# Blanket Game



## Dog (Sep 26, 2006)

Cool video! Love the blanket theme...
Liberty seem to be in charge though (maybe I am wrong)... 
Thank you smashing video indeed!!


----------



## gold'nchocolate (May 31, 2005)

That was cute! It _was_ pretty quiet, just as you say, but my imagination added in the noises since Jack and Biscuit play a "bitey-face" game like that too (without the blanket though) and I hear lots of fake growling and snapping of teeth.


----------



## Joe (Apr 9, 2005)

I loved your video. It reminds me of Kia and Lila so much. They play like this whole day long... not exactly the blanked game, but very similar in every other aspect.
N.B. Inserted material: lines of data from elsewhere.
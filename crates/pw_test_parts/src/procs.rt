//! Tests of procedures: their values, signatures and cells.

use pw_info::{Info, Kind, SetKind};
use pw_kinds::{Exact, Interval, Members};
use pw_procs::{Arguments, Signature, Slot};
use std::process::Abort;
use std::test::Fail;

mod stored;
mod values;

// Checks that these are the cells of their arguments.
fn are_cells<R: Abort>(rt: &R, cells: &[u32]) -> Result<(), Fail> {
    let arguments = Arguments::of(cells).ok_or("no arguments")?;
    assert!(rt; arguments.cells() == cells);
    Ok(())
}

#[test]
fn one_to_nine_cells(rt: HostRuntime) -> Result<(), Fail> {
    let cells = [7, 0, 7, 1023, 1, 2, 3, 4, u32::MAX, 5];
    for count in [0, 10] {
        assert!(rt; Arguments::of(&cells[..count]).is_none(), "{count}");
    }
    for count in [1, 2, 8, 9] {
        are_cells(&rt, &cells[..count])?;
    }
    assert!(rt; Arguments::of(&[1]) != Arguments::of(&[1, 0]));
    Ok(())
}

const TRUTH: Kind = Kind::Members(SetKind { number: 0, size: 2 });

#[test]
fn slots_of_a_procedure(rt: HostRuntime) {
    let number = Slot::Fixed(Kind::Interval);
    assert!(rt; Signature::new(&[], number).is_none());
    assert!(rt; Signature::new(&[number; 9], number).is_none());
    assert!(rt; Signature::new(&[number], Slot::Same).is_none());
    assert!(rt; Signature::new(&[number; 8], number).is_some());
    assert!(rt; Signature::new(&[number, Slot::Same], Slot::Same).is_some());
}

// A switch: a truth, an information of any kind, and one of that kind out.
fn switch() -> Result<Signature, Fail> {
    let inputs = [Slot::Fixed(TRUTH), Slot::Same];
    Ok(Signature::new(&inputs, Slot::Same).ok_or("no signature")?)
}

#[test]
fn kinds_of_cells(rt: HostRuntime) -> Result<(), Fail> {
    let switch = switch()?;
    let sign = Kind::Members(SetKind { number: 1, size: 3 });
    for (kinds, accepted) in [
        ([TRUTH, sign, sign].as_slice(), true),
        ([TRUTH, TRUTH, TRUTH].as_slice(), true),
        ([TRUTH, Kind::Exact, Kind::Exact].as_slice(), true),
        ([TRUTH, Kind::Exact, Kind::Interval].as_slice(), false),
        ([TRUTH, TRUTH, sign].as_slice(), false),
        ([sign, TRUTH, TRUTH].as_slice(), false),
        ([TRUTH, sign].as_slice(), false),
        ([TRUTH, sign, sign, sign].as_slice(), false),
        ([].as_slice(), false),
    ] {
        assert!(rt; switch.accepts(kinds) == accepted, "{kinds:?}");
    }
    Ok(())
}

#[test]
fn informations_of_inputs(rt: HostRuntime) -> Result<(), Fail> {
    let equal = Signature::new(&[Slot::Same, Slot::Same], Slot::Fixed(TRUTH)).ok_or(
        "no signature",
    )?;
    let number = Info::of_interval(Interval::whole());
    let exact = Info::of_exact(Exact::any());
    let truth = Info::of_members(0, Members::full(2));
    for (inputs, fit) in [
        ([number, number].as_slice(), true),
        ([truth, truth].as_slice(), true),
        ([number, exact].as_slice(), false),
        ([truth, exact].as_slice(), false),
        ([exact].as_slice(), false),
        ([exact, exact, exact].as_slice(), false),
    ] {
        assert!(rt; equal.fits(inputs) == fit, "{inputs:?}");
    }
    Ok(())
}

#[test]
fn informations_of_inputs_of_a_switch(rt: HostRuntime) -> Result<(), Fail> {
    let exact = Info::of_exact(Exact::any());
    let truth = Info::of_members(0, Members::full(2));
    let switch = switch()?;
    assert!(rt; switch.fits(&[truth, exact]));
    assert!(rt; !switch.fits(&[exact, exact]));
    Ok(())
}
Thanks for sharing.
Joe


----------



## GoldenShamus (Feb 26, 2007)

I really enjoyed your video, your two are gorgeous and play so well together. Very cute...


----------



## flamingo_sandy (Feb 26, 2007)

Loved it! You have beautiful babies!


----------



## Bailey & Bentley (Feb 25, 2007)

Very cute!!! I can't wait to see how my too are going to play together. I hope they have as much fun as yours.


----------



## Rob's GRs (Feb 25, 2007)

That was so cute!!! Got to love how Goldens can play together.


----------